The best way to solve this challenge is to experiment with as many offer bundles as you can in order to observe market results. Does your service sell better online or direct-to-customer? Do customers prefer to subscribe or to buy by the unit? If they try, do they convert? Test as many bundles as you can.
Once you have established the right bundle and willingness to pay, calculate your cash flow and choose your costs in order to generate the margins and profits you require. This is the opposite of the margin math taught in business school, where firms calculate their costs and then add a margin. Austrians discover the price the customer is willing to pay, and then choose the costs compatible with that willingness to pay. The customer determines the price of the exchange, not the business.
Phase 3 is an experimenting and testing phase for the entrepreneur.
You’ve achieved some marketplace results. You’ve established that the customer perceives value in your offering and they’re willing to pay a price that generates positive cash flow and profit.
That same marketplace is incessantly changing. Your approach to the 4th stage of the Austrian business model is dynamic. You make sure that you have all the feedback loops required to receive marketplace data about the acceptance of your offering, and any changes in customer preferences and competitive behaviors. You manage 360 degree monitoring of the customer experience and you anticipate and expect that your experience design, however excellent, will erode over time. The customer will demand something even better, and competitors will aim to match or improve on your delivery. It’s important to keep your model of customer value preferences fresh, and to be planning and preparing new and improved value facilitations. You find ways to maintain flexibility in your capital structure to facilitate the required agility.
Agile businesses continually test and evaluate innovations, and introduce them to the marketplace. Value improvement and value innovation are your goals. The process never stops. The journey never comes to an end.

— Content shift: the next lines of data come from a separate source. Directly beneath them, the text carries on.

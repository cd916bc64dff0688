// The rule test: whether every rule of a plan is met by a route under a setting of the modes. It goes by the clauses of the plan
// (clauses::decode) and by the mask of the named belts on the route (masks::on_route), which are made once for all settings.
ghost use Rattle.std.specs.Prelude.{◌≡◌, List, ℕ, ◌≤◌};
ghost use Rattle.plan.specs.Bounds.{max_modes};
ghost use Rattle.plan.specs.Plan.{plan_of};
ghost use Rattle.route.specs.Permission.{passes, is_on, all_met};
ghost use Rattle.route.specs.Values.{Known, route_in, has_belt, Ruled};
ghost use Rattle.route.specs.Inner.{LowCoded, is_true};

use crate::clauses::{Coded, FIELD};
use crate::path::Route;
use crate::{clauses, masks};
use plan::accepted::AcceptedPlan;
use plan::bounds::MAX_RECORDS;
use plan::named;
use plan::read::ModeId;

// Whether a mode is in a set of modes, as a setting or the mask of a lock: bit m-1 is for mode m.
pub fn is_on(modes: u64, mode: ModeId) -> bool
    requires { (1 ≤ mode.0)
        × (mode.0 ≤ max_modes) }
    ensures { result ≡ is_on modes mode.0 }
{
    (modes >> (mode.0 - 1)) % 2 == 1
}

// Whether a literal holds, where the named belts of the mask `belts` are on the route.
fn holds(literal: Coded, belts: u64, setting: u16) -> bool
    requires { LowCoded literal }
    ensures { result ≡ is_true literal belts setting }
{
    match literal {
        Coded::Belt(place, wanted) => masks::has(belts, Some(place)) == wanted,
        Coded::Mode(mode, wanted) => is_on(u64::from(setting), mode) == wanted,
    }
}

// Whether every rule has a literal that holds, where the named belts of the mask `belts` are on the route. The scan of a rule stops at its first
// literal that holds. `clauses` are those of a plan (clauses::decode), and the rules are those of any plan that has these clauses.
pub fn all_met(clauses: &[u32], belts: u64, setting: u16) -> bool
    requires { (b : List ℕ)
        × Ruled b clauses.now }
    ensures { (b : List ℕ)
        → Ruled b clauses.now
        → result ≡ all_met (plan_of b).rules (has_belt b belts) setting }
{
    // A rule of the project asks for this form, two loops of which the outer one has a label (docs/DECISIONS.md, 15).
    let mut next = clauses[0];
    'rules: while next != 0 {
        let rule = clauses[next as usize];
        next = rule % FIELD;
        let mut literal = rule / FIELD;
        while literal != 0 {
            let entry = clauses[literal as usize];
            if holds(clauses::coded_of(entry), belts, setting) {
                continue 'rules;
            }
            literal = entry % FIELD;
        }
        return false;
    }
    true
}

// Whether every rule is met by the route under the setting.
pub fn met_by(plan: AcceptedPlan, route: Route, setting: u16) -> bool
    requires { Known plan.bytes.now route }
    ensures { result ≡ all_met (plan_of plan.entry.bytes.now).rules (passes (route_in plan.entry.bytes.now route)) setting }
{
    let places = plan.named_places();
    let mut clauses = [0u32; MAX_RECORDS];
    clauses::decode(plan, &places, &mut clauses);
    all_met(&clauses, masks::on_route(&places, route), setting)
}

Your business model must yield sufficient cash flow for substantial amounts of new capital investment each year. Your organizational design must facilitate the addition of new capabilities and the discontinuation or de-emphasis of existing capabilities that no longer are perceived as unique or compelling by the changing customer. Agile businesses monitor their dynamic capability — how much is being added, how much is being changed or updated. Are you keeping up with the customer, the ecosystem in which you engage, and your competitors?
Phase 4 is a phase of continuous dynamic change for the entrepreneur.